• [Task item]:
Could you reproduce all of the following entries exactly?

╭──

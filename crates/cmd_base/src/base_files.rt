//! The files of the system for a command that replaces a base file. The staging file gets the mode and owner of the
//! base file, and its own lock. It replaces no file except one that a stopped run left, and it is removed if the command
//! fails. The lock of a file that became the base file is held as long as these files.

use disk_system::{Access, OutputFault, check_left, give_access, make_new, replaced_access};
use std::alloc::Allocator;
use std::cell::Cell;
use std::fs::{File, Metadata, OpenOptions};
use std::io::ErrorKind;
use std::rt::Files;
use std::{fs, io};

/// The first bytes of every base file.
pub const BASE_START: &[u8] = b"ECHOBAS";

/// The end of a staging path.
const BESIDE: &str = "~.new";

/// The files of the system.
#[derive(Drop)]
pub struct BaseFiles<'r> {
    rt: &'r HostRuntime,
    // The staging file of the base file, until it replaces that.
    made: Cell<Option<Made>>,
    // The file that replaced the base file. It stays open for its lock.
    placed: Cell<Option<Made>>,
}

#[derive(Drop)]
struct Made {
    path: String,
    file: File,
}

impl<'r> BaseFiles<'r> {
    pub fn new(rt: &'r HostRuntime) -> BaseFiles<'r> {
        BaseFiles {
            rt,
            made: Cell::new(None),
            placed: Cell::new(None),
        }
    }

    /// Removes the staging file, unless it replaced the base file.
    pub fn tidy(&self) {
        if let Some(made) = self.made.take() {
            let _ = fs::remove_file(self.rt, made.path.as_str());
        }
    }

    // A symbolic link is not replaced: if it leads to a file, that file's path is returned.
    fn access_at(&self, target: &str) -> io::Result<Option<Access>> {
        if is_link(self.rt, target) {
            return Err(ErrorKind::Other.into());
        }
        replaced_access(self.rt, target).map_err(system_error)
    }

    // No other run has this new file, so it is locked at once, where files have locks.
    fn make(&self, path: &str, target: &str) -> io::Result<File> {
        let access = self.access_at(target)?;
        let made = self.new_file(path)?;
        let _ = made.file.try_lock();
        let file = made.opened_with(access);
        self.made.set(Some(made));
        file
    }

    fn new_file(&self, path: &str) -> io::Result<Made> {
        let kept = String::from_str(self.rt.alloc(), path)?;
        match make_new(self.rt, path) {
            Ok(file) => Ok(Made { path: kept, file }),
            Err(error) => Err(error),
        }
    }

    fn made_at(&self, path: &str) -> Option<io::Result<File>> {
        let made = self.made.take()?;
        let file = if made.path.as_str() == path {
            Some(made.file.try_clone())
        } else {
            None
        };
        self.made.set(Some(made));
        file
    }

    // An error, unless a stopped run left this staging file and its base file may be replaced.
    fn check_staging(&self, path: &str, target: &str) -> io::Result<()> {
        self.rt.symlink_metadata(path)?;
        self.access_at(target)?;
        check_left(self.rt.alloc(), self.rt, path, BASE_START).map_err(system_error)
    }
}

impl Made {
    fn opened_with(&self, access: Option<Access>) -> io::Result<File> {
        if let Some(access) = access {
            give_access(&self.file, access)?;
        }
        self.file.try_clone()
    }
}

fn is_link(rt: &HostRuntime, path: &str) -> bool {
    match fs::symlink_metadata(rt, path) {
        Ok(found) => found.is_symlink(),
        Err(_) => false,
    }
}

/// The path that the staging file with this path replaces.
pub fn target_staging(path: &str) -> Option<&str> {
    let front = path.strip_suffix(BESIDE)?;
    let (target, _) = front.rsplit_once(".~")?;
    Some(target)
}

/// A fault as an error of the system.
pub fn system_error(fault: OutputFault) -> io::Error {
    match fault {
        OutputFault::Memory => ErrorKind::OutOfMemory.into(),
        OutputFault::Device => ErrorKind::Other.into(),
    }
}

impl Files for BaseFiles<'_> {
    type File = File;

    type Dir = <HostRuntime as Files>::Dir;

    fn open_file(&self, how: &OpenOptions, path: &str) -> io::Result<File> {
        if let Some(file) = self.made_at(path) {
            return file;
        }
        match target_staging(path) {
            Some(target) if how.asks_create_new() => self.make(path, target),
            _ => self.rt.open_file(how, path),
        }
    }

    fn open_dir(&self, path: &str) -> io::Result<<HostRuntime as Files>::Dir> {
        self.rt.open_dir(path)
    }

    fn metadata(&self, path: &str) -> io::Result<Metadata> {
        self.rt.metadata(path)
    }

    fn symlink_metadata(&self, path: &str) -> io::Result<Metadata> {
        self.rt.symlink_metadata(path)
    }

    fn copy(&self, from: &str, to: &str) -> io::Result<u64> {
        self.rt.copy(from, to)
    }

    // The new file replaces the old one, and is locked like that.
    fn rename(&self, from: &str, to: &str) -> io::Result<()> {
        self.rt.rename(from, to)?;
        self.placed.set(self.made.take());
        Ok(())
    }

    // A file at a staging path stays, unless a stopped run left it and its base file may be replaced.
    fn remove_file(&self, path: &str) -> io::Result<()> {
        if let Some(target) = target_staging(path) {
            self.check_staging(path, target)?;
        }
        self.rt.remove_file(path)
    }

    fn create_dir(&self, path: &str) -> io::Result<()> {
        self.rt.create_dir(path)
    }

    fn remove_dir(&self, path: &str) -> io::Result<()> {
        self.rt.remove_dir(path)
    }

    fn remove_dir_all<B: Allocator>(&self, alloc: B, path: &str) -> io::Result<()> {
        self.rt.remove_dir_all(alloc, path)
    }
}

╰──

• [Solution below]:
filename crates/cmd_base/src/base_files.rt
//! The files of the system for a command that replaces a base file. The staging file gets the mode and owner of the
//! base file, and its own lock. It replaces no file except one that a stopped run left, and it is removed if the command
//! fails. The lock of a file that became the base file is held as long as these files.

use disk_system::{Access, OutputFault, check_left, give_access, make_new, replaced_access};
use std::alloc::Allocator;
use std::cell::Cell;
use std::fs::{File, Metadata, OpenOptions};
use std::io::ErrorKind;
use std::rt::Files;
use std::{fs, io};

/// The first bytes of every base file.
pub const BASE_START: &[u8] = b"ECHOBAS";

/// The end of a staging path.
const BESIDE: &str = "~.new";

/// The files of the system.
#[derive(Drop)]
pub struct BaseFiles<'r> {
    rt: &'r HostRuntime,
    // The staging file of the base file, until it replaces that.
    made: Cell<Option<Made>>,
    // The file that replaced the base file. It stays open for its lock.
    placed: Cell<Option<Made>>,
}

#[derive(Drop)]
struct Made {
    path: String,
    file: File,
}

impl<'r> BaseFiles<'r> {
    pub fn new(rt: &'r HostRuntime) -> BaseFiles<'r> {
        BaseFiles {
            rt,
            made: Cell::new(None),
            placed: Cell::new(None),
        }
    }

    /// Removes the staging file, unless it replaced the base file.
    pub fn tidy(&self) {
        if let Some(made) = self.made.take() {
            let _ = fs::remove_file(self.rt, made.path.as_str());
        }
    }

    // A symbolic link is not replaced: if it leads to a file, that file's path is returned.
    fn access_at(&self, target: &str) -> io::Result<Option<Access>> {
        if is_link(self.rt, target) {
            return Err(ErrorKind::Other.into());
        }
        replaced_access(self.rt, target).map_err(system_error)
    }

    // No other run has this new file, so it is locked at once, where files have locks.
    fn make(&self, path: &str, target: &str) -> io::Result<File> {
        let access = self.access_at(target)?;
        let made = self.new_file(path)?;
        let _ = made.file.try_lock();
        let file = made.opened_with(access);
        self.made.set(Some(made));
        file
    }

    fn new_file(&self, path: &str) -> io::Result<Made> {
        let kept = String::from_str(self.rt.alloc(), path)?;
        match make_new(self.rt, path) {
            Ok(file) => Ok(Made { path: kept, file }),
            Err(error) => Err(error),
        }
    }

    fn made_at(&self, path: &str) -> Option<io::Result<File>> {
        let made = self.made.take()?;
        let file = if made.path.as_str() == path {
            Some(made.file.try_clone())
        } else {
            None
        };
        self.made.set(Some(made));
        file
    }

    // An error, unless a stopped run left this staging file and its base file may be replaced.
    fn check_staging(&self, path: &str, target: &str) -> io::Result<()> {
        self.rt.symlink_metadata(path)?;
        self.access_at(target)?;
        check_left(self.rt.alloc(), self.rt, path, BASE_START).map_err(system_error)
    }
}

impl Made {
    fn opened_with(&self, access: Option<Access>) -> io::Result<File> {
        if let Some(access) = access {
            give_access(&self.file, access)?;
        }
        self.file.try_clone()
    }
}

fn is_link(rt: &HostRuntime, path: &str) -> bool {
    match fs::symlink_metadata(rt, path) {
        Ok(found) => found.is_symlink(),
        Err(_) => false,
    }
}

/// The path that the staging file with this path replaces.
pub fn target_staging(path: &str) -> Option<&str> {
    let front = path.strip_suffix(BESIDE)?;
    let (target, _) = front.rsplit_once(".~")?;
    Some(target)
}

/// A fault as an error of the system.
pub fn system_error(fault: OutputFault) -> io::Error {
    match fault {
        OutputFault::Memory => ErrorKind::OutOfMemory.into(),
        OutputFault::Device => ErrorKind::Other.into(),
    }
}

impl Files for BaseFiles<'_> {
    type File = File;

    type Dir = <HostRuntime as Files>::Dir;

    fn open_file(&self, how: &OpenOptions, path: &str) -> io::Result<File> {
        if let Some(file) = self.made_at(path) {
            return file;
        }
        match target_staging(path) {
            Some(target) if how.asks_create_new() => self.make(path, target),
            _ => self.rt.open_file(how, path),
        }
    }

    fn open_dir(&self, path: &str) -> io::Result<<HostRuntime as Files>::Dir> {
        self.rt.open_dir(path)
    }

    fn metadata(&self, path: &str) -> io::Result<Metadata> {
        self.rt.metadata(path)
    }

    fn symlink_metadata(&self, path: &str) -> io::Result<Metadata> {
        self.rt.symlink_metadata(path)
    }

    fn copy(&self, from: &str, to: &str) -> io::Result<u64> {
        self.rt.copy(from, to)
    }

    // The new file replaces the old one, and is locked like that.
    fn rename(&self, from: &str, to: &str) -> io::Result<()> {
        self.rt.rename(from, to)?;
        self.placed.set(self.made.take());
        Ok(())
    }

    // A file at a staging path stays, unless a stopped run left it and its base file may be replaced.
    fn remove_file(&self, path: &str) -> io::Result<()> {
        if let Some(target) = target_staging(path) {
            self.check_staging(path, target)?;
        }
        self.rt.remove_file(path)
    }

    fn create_dir(&self, path: &str) -> io::Result<()> {
        self.rt.create_dir(path)
    }

    fn remove_dir(&self, path: &str) -> io::Result<()> {
        self.rt.remove_dir(path)
    }

    fn remove_dir_all<B: Allocator>(&self, alloc: B, path: &str) -> io::Result<()> {
        self.rt.remove_dir_all(alloc, path)
    }
}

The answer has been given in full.